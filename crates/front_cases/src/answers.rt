//! What is told of a source, by what is asked.
ghost use Rattle.std.specs.Prelude.{◌≤◌, length};

use crate::case::Question;
use crate::checking::{tell_checked, tell_linked};
use crate::pieces::{tell_piece, tell_printed, tell_unit};
use crate::tokens::tell_tokens;
use crate::units::tell_checked_unit;
use std::alloc::{AllocError, Global};

/// The longest source, in bytes.
const LONGEST: usize = 16_777_216;

/// What is told of a source that is short enough.
fn answer_short(alloc: Global, question: Question, source: &[u8]) -> Result<String, AllocError>
    requires { length source.now ≤ 16777216 }
{
    match question {
        Question::Tokens => tell_tokens(alloc, source),
        Question::Piece(production) => tell_piece(alloc, production, source),
        Question::Unit => tell_unit(alloc, source),
        Question::Printed => tell_printed(alloc, source),
        Question::CheckedUnit => tell_checked_unit(alloc, source),
        Question::Checked => tell_checked(alloc, source),
        Question::Linked => tell_linked(alloc, source),
    }
}

/// What is told of a source.
pub fn answer(alloc: Global, question: Question, source: &[u8]) -> Result<Vec<u8>, AllocError> {
    let told = if source.len() <= LONGEST {
        answer_short(alloc, question, source)?
    } else {
        String::from_str(alloc, "too long")?
    };
    Ok(told.into_bytes())
}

EXERCISE AIM =
Would you output the full listing exactly as given?

OUTPUT FOR THIS EXERCISE =
filename crates/front_cases/src/answers.rt
//! What is told of a source, by what is asked.
ghost use Rattle.std.specs.Prelude.{◌≤◌, length};

use crate::case::Question;
use crate::checking::{tell_checked, tell_linked};
use crate::pieces::{tell_piece, tell_printed, tell_unit};
use crate::tokens::tell_tokens;
use crate::units::tell_checked_unit;
use std::alloc::{AllocError, Global};

/// The longest source, in bytes.
const LONGEST: usize = 16_777_216;

/// What is told of a source that is short enough.
fn answer_short(alloc: Global, question: Question, source: &[u8]) -> Result<String, AllocError>
    requires { length source.now ≤ 16777216 }
{
    match question {
        Question::Tokens => tell_tokens(alloc, source),
        Question::Piece(production) => tell_piece(alloc, production, source),
        Question::Unit => tell_unit(alloc, source),
        Question::Printed => tell_printed(alloc, source),
        Question::CheckedUnit => tell_checked_unit(alloc, source),
        Question::Checked => tell_checked(alloc, source),
        Question::Linked => tell_linked(alloc, source),
    }
}

/// What is told of a source.
pub fn answer(alloc: Global, question: Question, source: &[u8]) -> Result<Vec<u8>, AllocError> {
    let told = if source.len() <= LONGEST {
        answer_short(alloc, question, source)?
    } else {
        String::from_str(alloc, "too long")?
    };
    Ok(told.into_bytes())
}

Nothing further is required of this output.